/---

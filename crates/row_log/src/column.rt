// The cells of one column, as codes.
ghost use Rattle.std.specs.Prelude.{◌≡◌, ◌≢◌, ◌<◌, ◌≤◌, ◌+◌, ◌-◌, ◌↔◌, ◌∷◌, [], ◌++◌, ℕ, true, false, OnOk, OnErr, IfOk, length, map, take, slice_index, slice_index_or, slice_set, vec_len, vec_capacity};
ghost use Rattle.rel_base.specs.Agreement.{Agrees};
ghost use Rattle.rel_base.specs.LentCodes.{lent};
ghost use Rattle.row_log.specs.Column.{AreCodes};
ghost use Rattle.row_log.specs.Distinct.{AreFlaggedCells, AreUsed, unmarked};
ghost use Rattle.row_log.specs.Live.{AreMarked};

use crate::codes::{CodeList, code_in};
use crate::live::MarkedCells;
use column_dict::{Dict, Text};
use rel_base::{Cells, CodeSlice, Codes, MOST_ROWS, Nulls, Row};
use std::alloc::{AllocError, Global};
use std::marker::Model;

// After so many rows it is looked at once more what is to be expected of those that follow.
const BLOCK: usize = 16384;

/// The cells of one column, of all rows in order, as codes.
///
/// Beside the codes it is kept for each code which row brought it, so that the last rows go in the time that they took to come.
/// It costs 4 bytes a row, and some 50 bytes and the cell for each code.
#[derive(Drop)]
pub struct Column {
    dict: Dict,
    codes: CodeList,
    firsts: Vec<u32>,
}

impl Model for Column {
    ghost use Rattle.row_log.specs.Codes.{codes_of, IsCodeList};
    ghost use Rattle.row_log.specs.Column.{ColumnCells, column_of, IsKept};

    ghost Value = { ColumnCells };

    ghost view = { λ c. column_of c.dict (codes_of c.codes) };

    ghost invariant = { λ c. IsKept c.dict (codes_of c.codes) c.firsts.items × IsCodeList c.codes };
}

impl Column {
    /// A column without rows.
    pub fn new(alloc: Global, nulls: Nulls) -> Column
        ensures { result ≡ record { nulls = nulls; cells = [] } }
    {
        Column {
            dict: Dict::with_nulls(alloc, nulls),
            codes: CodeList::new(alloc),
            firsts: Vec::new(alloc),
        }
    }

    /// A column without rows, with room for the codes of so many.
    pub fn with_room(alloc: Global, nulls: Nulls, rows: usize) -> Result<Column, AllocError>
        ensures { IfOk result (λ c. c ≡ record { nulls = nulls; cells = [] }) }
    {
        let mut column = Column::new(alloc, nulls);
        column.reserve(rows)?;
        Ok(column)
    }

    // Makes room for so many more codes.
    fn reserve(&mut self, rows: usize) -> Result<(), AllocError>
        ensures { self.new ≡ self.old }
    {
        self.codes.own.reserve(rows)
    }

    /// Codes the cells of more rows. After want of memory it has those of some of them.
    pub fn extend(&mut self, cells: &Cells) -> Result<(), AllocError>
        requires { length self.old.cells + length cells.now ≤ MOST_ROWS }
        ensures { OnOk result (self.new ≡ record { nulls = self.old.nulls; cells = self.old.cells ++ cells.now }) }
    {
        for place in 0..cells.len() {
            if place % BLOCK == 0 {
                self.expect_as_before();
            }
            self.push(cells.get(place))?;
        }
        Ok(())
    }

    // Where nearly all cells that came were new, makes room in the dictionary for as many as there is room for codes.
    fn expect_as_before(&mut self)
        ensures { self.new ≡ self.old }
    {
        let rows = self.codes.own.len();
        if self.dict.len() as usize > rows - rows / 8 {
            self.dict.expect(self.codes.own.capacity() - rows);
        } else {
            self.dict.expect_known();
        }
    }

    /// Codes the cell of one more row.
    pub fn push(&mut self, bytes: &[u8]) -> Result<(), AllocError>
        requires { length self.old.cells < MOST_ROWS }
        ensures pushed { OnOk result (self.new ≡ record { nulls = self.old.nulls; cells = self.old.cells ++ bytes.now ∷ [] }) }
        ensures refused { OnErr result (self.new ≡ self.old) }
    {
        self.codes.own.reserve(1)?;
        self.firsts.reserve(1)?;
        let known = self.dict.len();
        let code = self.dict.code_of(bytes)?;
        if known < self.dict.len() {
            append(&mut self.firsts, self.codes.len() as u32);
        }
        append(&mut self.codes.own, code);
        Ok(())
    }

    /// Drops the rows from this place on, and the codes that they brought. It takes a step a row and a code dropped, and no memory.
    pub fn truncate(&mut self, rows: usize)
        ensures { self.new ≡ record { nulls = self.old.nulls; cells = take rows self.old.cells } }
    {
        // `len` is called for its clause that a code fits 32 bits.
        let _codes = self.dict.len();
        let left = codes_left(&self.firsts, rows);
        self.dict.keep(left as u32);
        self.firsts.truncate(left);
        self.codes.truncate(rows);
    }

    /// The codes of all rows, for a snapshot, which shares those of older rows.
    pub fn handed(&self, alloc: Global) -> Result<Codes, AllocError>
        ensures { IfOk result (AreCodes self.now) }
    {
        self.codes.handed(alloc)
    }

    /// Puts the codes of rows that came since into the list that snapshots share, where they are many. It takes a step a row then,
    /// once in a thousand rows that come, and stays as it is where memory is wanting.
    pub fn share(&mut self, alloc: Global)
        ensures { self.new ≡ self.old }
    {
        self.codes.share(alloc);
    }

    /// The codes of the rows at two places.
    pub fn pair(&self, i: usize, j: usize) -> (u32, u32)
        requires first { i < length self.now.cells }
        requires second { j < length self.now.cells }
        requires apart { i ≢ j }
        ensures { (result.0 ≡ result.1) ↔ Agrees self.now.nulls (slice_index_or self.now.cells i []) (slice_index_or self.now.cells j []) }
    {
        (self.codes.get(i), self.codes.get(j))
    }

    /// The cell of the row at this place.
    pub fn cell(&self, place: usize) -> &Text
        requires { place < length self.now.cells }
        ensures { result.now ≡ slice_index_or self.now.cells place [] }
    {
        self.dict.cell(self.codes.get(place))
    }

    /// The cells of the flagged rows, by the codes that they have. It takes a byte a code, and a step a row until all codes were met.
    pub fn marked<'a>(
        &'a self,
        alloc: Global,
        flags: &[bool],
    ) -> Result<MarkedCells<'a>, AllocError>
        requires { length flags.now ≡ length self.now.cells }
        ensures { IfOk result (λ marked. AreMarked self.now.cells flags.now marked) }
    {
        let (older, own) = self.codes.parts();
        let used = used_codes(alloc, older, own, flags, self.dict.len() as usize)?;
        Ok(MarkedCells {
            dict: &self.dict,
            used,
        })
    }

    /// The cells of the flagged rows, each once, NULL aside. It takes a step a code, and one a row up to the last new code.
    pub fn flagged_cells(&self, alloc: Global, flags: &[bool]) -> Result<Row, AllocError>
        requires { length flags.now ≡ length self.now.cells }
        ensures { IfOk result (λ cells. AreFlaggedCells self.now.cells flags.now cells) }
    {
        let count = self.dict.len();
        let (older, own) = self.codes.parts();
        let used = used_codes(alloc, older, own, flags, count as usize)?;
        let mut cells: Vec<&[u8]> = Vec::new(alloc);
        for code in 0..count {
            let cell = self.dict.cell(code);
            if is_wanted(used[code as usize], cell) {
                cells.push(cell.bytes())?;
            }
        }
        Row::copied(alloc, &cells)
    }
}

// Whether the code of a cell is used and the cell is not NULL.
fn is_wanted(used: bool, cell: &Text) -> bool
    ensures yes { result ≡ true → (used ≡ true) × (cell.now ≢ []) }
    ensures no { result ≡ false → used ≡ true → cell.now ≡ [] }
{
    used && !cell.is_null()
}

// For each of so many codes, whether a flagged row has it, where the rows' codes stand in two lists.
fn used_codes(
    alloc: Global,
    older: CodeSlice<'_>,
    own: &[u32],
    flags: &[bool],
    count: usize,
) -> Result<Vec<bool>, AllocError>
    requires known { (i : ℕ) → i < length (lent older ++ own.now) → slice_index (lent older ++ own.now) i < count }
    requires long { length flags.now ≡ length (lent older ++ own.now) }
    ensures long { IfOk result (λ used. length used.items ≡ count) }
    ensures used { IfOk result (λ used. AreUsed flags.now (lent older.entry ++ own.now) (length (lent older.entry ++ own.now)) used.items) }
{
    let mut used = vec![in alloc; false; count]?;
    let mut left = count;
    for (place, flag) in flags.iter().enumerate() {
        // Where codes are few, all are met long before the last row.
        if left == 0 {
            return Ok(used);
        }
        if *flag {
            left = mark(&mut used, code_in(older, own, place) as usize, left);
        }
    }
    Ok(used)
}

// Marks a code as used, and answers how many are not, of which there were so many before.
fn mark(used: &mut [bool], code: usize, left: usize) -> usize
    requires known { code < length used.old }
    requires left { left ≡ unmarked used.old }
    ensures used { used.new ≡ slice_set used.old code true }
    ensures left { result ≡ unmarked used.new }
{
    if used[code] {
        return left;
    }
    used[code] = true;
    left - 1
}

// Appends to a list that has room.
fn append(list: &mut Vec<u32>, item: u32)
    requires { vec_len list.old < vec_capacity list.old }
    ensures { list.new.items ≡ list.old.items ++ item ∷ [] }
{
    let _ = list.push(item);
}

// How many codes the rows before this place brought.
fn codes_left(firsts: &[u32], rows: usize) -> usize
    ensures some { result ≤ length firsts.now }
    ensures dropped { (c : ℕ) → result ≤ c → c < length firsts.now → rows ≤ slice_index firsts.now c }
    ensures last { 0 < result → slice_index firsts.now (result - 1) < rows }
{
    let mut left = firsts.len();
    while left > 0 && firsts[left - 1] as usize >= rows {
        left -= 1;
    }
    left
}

\---

The result should be every line of the material that contains the word "AreCodes", so copy those lines.

ghost use Rattle.row_log.specs.Column.{AreCodes};
        ensures { IfOk result (AreCodes self.now) }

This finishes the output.